[Start of section]

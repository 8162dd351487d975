//! The command `run FILE STIM`: the run of the network of a file over a stimulus.
ghost use Rattle.std.specs.Prelude.{◌≡◌, ◌≤◌, ◌++◌, All, IfOk, IsErrOf, None, OnOk, length, map};
ghost use Rattle.dom_io.specs.Held.{file_limit};
ghost use Rattle.command_answers.specs.Bits.{tri_of};
ghost use Rattle.command_answers.specs.NetworkRuns.{PutsCycle};
ghost use Rattle.command_answers.specs.Networks.{IsRunOf, IsRunRefused, IsRunText};
ghost use Rattle.command_answers.specs.declared.answer.Ending.TheVariants.{Done};
ghost use Rattle.trace_tool.specs.declared.fault.TraceFault.{TraceFault as Fault};

use crate::answer::{Answer, Ending};
use dom_base::{OutOfMemory, Tri};
use net_flatten::Network;
use net_run::Runner;
use std::alloc::Global;
use stim_text::{CycleRow, Stimulus, read_stim, write_cycle};
use trace_tool::{TraceFault, network_of_text};

/// The most bytes of the line of a cycle besides those of its values.
const AROUND: usize = 40;

/// The run of the network of these bytes, which are those of a file, over a stimulus.
pub fn run(alloc: Global, bytes: &[u8], stim: &[u8]) -> Result<Answer, TraceFault>
    requires within { length bytes.now ≤ file_limit }
    ensures text { IfOk result (λ answer. IsRunOf bytes.now stim.now answer.text.items × (answer.ending ≡ Done)) }
    ensures refused { (why : Fault) → IsErrOf result why → IsRunRefused bytes.now stim.now why }
{
    let network = network_of_text(alloc, bytes)?;
    let cycles = read_stim(alloc, stim, network.inputs)?;
    let text = run_text(alloc, &network, &cycles)?;
    let ending = Ending::Done;
    Ok(Answer { text, ending })
}

/// The lines of the run of a network over these cycles.
fn run_text(alloc: Global, network: &Network, cycles: &Stimulus) -> Result<Vec<u8>, OutOfMemory>
    requires { All (λ pins. length pins ≡ network.now.inputs) cycles.now }
    ensures { IfOk result (λ text. IsRunText network.now cycles.now text.items) }
{
    let mut runner = Runner::new(alloc, network)?;
    let line = AROUND + network.inputs as usize + network.outputs.len();
    let mut text = Vec::with_capacity(alloc, line.saturating_mul(cycles.len()))?;
    let mut row = CycleRow {
        cycle: 0,
        pins: Vec::new(alloc),
        outs: Vec::new(alloc),
        events: None,
    };
    for k in 0..cycles.len() {
        put_cycle(&mut text, &mut row, &mut runner, k as u64, cycles.cycle(k))?;
    }
    Ok(text)
}

/// Runs a cycle and appends its line. What stands in `row` is overwritten.
fn put_cycle(
    text: &mut Vec<u8>,
    row: &mut CycleRow,
    runner: &mut Runner,
    number: u64,
    pins: &[bool],
) -> Result<(), OutOfMemory>
    requires { length pins.now ≡ runner.old.inputs }
    ensures { OnOk result (PutsCycle number pins.now runner.old runner.new text.old.items text.new.items) }
{
    set_row(row, number, pins, runner.cycle(pins))?;
    write_cycle(text, row)
}

/// Makes a row that of a cycle, with these bits as the values of its outputs.
fn set_row(row: &mut CycleRow, number: u64, pins: &[bool], outs: &[bool]) -> Result<(), OutOfMemory>
    ensures { OnOk result (row.new ≡ record { cycle = number; pins = pins.now; outs = map tri_of outs.now; events = None }) }
{
    row.cycle = number;
    row.events = None;
    row.pins.clear();
    row.pins.extend_from_slice(pins)?;
    row.outs.clear();
    put_values(&mut row.outs, outs)
}

/// Appends the values of bits.
fn put_values(values: &mut Vec<Tri>, bits: &[bool]) -> Result<(), OutOfMemory>
    ensures { OnOk result (values.new.items ≡ values.old.items ++ map tri_of bits.now) }
{
    for bit in bits {
        values.push(if *bit { Tri::One } else { Tri::Zero })?;
    }
    Ok(())
}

[End of section]

▶ Exercise instructions
Retype each record, matching it exactly.

▶ Task solution
repository 8162dd351487d975
//! The command `run FILE STIM`: the run of the network of a file over a stimulus.
ghost use Rattle.std.specs.Prelude.{◌≡◌, ◌≤◌, ◌++◌, All, IfOk, IsErrOf, None, OnOk, length, map};
ghost use Rattle.dom_io.specs.Held.{file_limit};
ghost use Rattle.command_answers.specs.Bits.{tri_of};
ghost use Rattle.command_answers.specs.NetworkRuns.{PutsCycle};
ghost use Rattle.command_answers.specs.Networks.{IsRunOf, IsRunRefused, IsRunText};
ghost use Rattle.command_answers.specs.declared.answer.Ending.TheVariants.{Done};
ghost use Rattle.trace_tool.specs.declared.fault.TraceFault.{TraceFault as Fault};

use crate::answer::{Answer, Ending};
use dom_base::{OutOfMemory, Tri};
use net_flatten::Network;
use net_run::Runner;
use std::alloc::Global;
use stim_text::{CycleRow, Stimulus, read_stim, write_cycle};
use trace_tool::{TraceFault, network_of_text};

/// The most bytes of the line of a cycle besides those of its values.
const AROUND: usize = 40;

/// The run of the network of these bytes, which are those of a file, over a stimulus.
pub fn run(alloc: Global, bytes: &[u8], stim: &[u8]) -> Result<Answer, TraceFault>
    requires within { length bytes.now ≤ file_limit }
    ensures text { IfOk result (λ answer. IsRunOf bytes.now stim.now answer.text.items × (answer.ending ≡ Done)) }
    ensures refused { (why : Fault) → IsErrOf result why → IsRunRefused bytes.now stim.now why }
{
    let network = network_of_text(alloc, bytes)?;
    let cycles = read_stim(alloc, stim, network.inputs)?;
    let text = run_text(alloc, &network, &cycles)?;
    let ending = Ending::Done;
    Ok(Answer { text, ending })
}

/// The lines of the run of a network over these cycles.
fn run_text(alloc: Global, network: &Network, cycles: &Stimulus) -> Result<Vec<u8>, OutOfMemory>
    requires { All (λ pins. length pins ≡ network.now.inputs) cycles.now }
    ensures { IfOk result (λ text. IsRunText network.now cycles.now text.items) }
{
    let mut runner = Runner::new(alloc, network)?;
    let line = AROUND + network.inputs as usize + network.outputs.len();
    let mut text = Vec::with_capacity(alloc, line.saturating_mul(cycles.len()))?;
    let mut row = CycleRow {
        cycle: 0,
        pins: Vec::new(alloc),
        outs: Vec::new(alloc),
        events: None,
    };
    for k in 0..cycles.len() {
        put_cycle(&mut text, &mut row, &mut runner, k as u64, cycles.cycle(k))?;
    }
    Ok(text)
}

/// Runs a cycle and appends its line. What stands in `row` is overwritten.
fn put_cycle(
    text: &mut Vec<u8>,
    row: &mut CycleRow,
    runner: &mut Runner,
    number: u64,
    pins: &[bool],
) -> Result<(), OutOfMemory>
    requires { length pins.now ≡ runner.old.inputs }
    ensures { OnOk result (PutsCycle number pins.now runner.old runner.new text.old.items text.new.items) }
{
    set_row(row, number, pins, runner.cycle(pins))?;
    write_cycle(text, row)
}

/// Makes a row that of a cycle, with these bits as the values of its outputs.
fn set_row(row: &mut CycleRow, number: u64, pins: &[bool], outs: &[bool]) -> Result<(), OutOfMemory>
    ensures { OnOk result (row.new ≡ record { cycle = number; pins = pins.now; outs = map tri_of outs.now; events = None }) }
{
    row.cycle = number;
    row.events = None;
    row.pins.clear();
    row.pins.extend_from_slice(pins)?;
    row.outs.clear();
    put_values(&mut row.outs, outs)
}

/// Appends the values of bits.
fn put_values(values: &mut Vec<Tri>, bits: &[bool]) -> Result<(), OutOfMemory>
    ensures { OnOk result (values.new.items ≡ values.old.items ++ map tri_of bits.now) }
{
    for bit in bits {
        values.push(if *bit { Tri::One } else { Tri::Zero })?;
    }
    Ok(())
}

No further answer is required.